By David Varady
Tiit Tammaru, Szymon Marcińczak, Maarten van Ham, and Sako Musterd (Editors). Socio-Economic Segregation in European Capital Cities: East Meets West. (London and New York: Routledge, 2016).
Socio-Economic Segregation in European Cities: East Meets West constitutes the first major comparative analysis of socio-economic segregation in European cities and is based on quantitative and qualitative data from 13 major European cities: Amsterdam, Budapest, Vienna, Stockholm, Oslo, London, Vilnius, Tallinn, Prague, Madrid, Milan, Athens, and Riga.
Not surprisingly, the 13 case studies show that “the spatial gap between the more extreme socio-economic categories, those that ‘have’ and those that ‘have not’ is pretty much widening in Europe.” (p.365) I was surprised however, to learn that the type of welfare state and the characteristics of housing provision—were not clearly linked to the level of segregation. “In some countries with strong public involvement in the housing sector we find both low levels of segregation (Prague) and high levels of segregation (Stockholm and Vienna).” (p.375)
The book does a great job in comparing levels of segregation across European capitals and in portraying the results geographically. However, as the editors acknowledge, it falls short in explaining how and why families make particular segregative residential choices. Why, for example, 25 years after the fall of communism in Tallinn do Estonian managers live in separate neighborhoods from Russian speaking managers?
Unfortunately, the book largely overlooks the role of religion―in particular fundamentalist Islam—along with economic marginalization, and spatial separation―in threatening the future viability of European cities. The terms “Islam” and “Muslims” do not appear in the index and I do not think that they appear in the text either. Did you wonder, as I did in the wake of the 2015 Paris attacks and the attack on the Brussels airport, why the Molenbeek municipality in Brussels became a no-go area for police, where gang violence remains rampant, where Islamic radicalism feeds on the neighborhood’s marginalization, and where some of the terrorists responsible for the Paris and Brussels attacks were able to hide (Freytas-Tamura & Schreuer, 2015)? Unfortunately, you won’t find answers to these questions in this book. Sophisticated qualitative research is needed to answer these questions.
Despite these limitations, I learned a lot about segregation in European cities. However, the book’s high price of $170 prevents me from recommending it to JUA readers. I do encourage you to order a PDF version of the Introduction and Conclusion, available from Open-Access at www.Tandfebooks.com.

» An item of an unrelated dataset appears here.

// A specification library: a history told gene by gene, the order of such tellings, and the one to write. It has no code; see specs/ and proofs/.
#![tactic(auto)]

An expanded version of this review will be published in Geography Research Forum.
Freytas-Tamura, D., & Schreuer, M. (2015). Belgian minister says government lacks control over neighborhood linked to terror plots. New York Times. November 15, Retrieved from http://www.nytimes.com/live/paris-attacks-live-updates/belgium-doesnt-have-control-over-molenbeek-interior-minister-says/
David P. Varady is Professor of Planning at the University of Cincinnati and is Book Review Editor for the Journal of Urban Affairs. He is the author of numerous books and articles about low-income housing policy, segregation, and neighborhood development.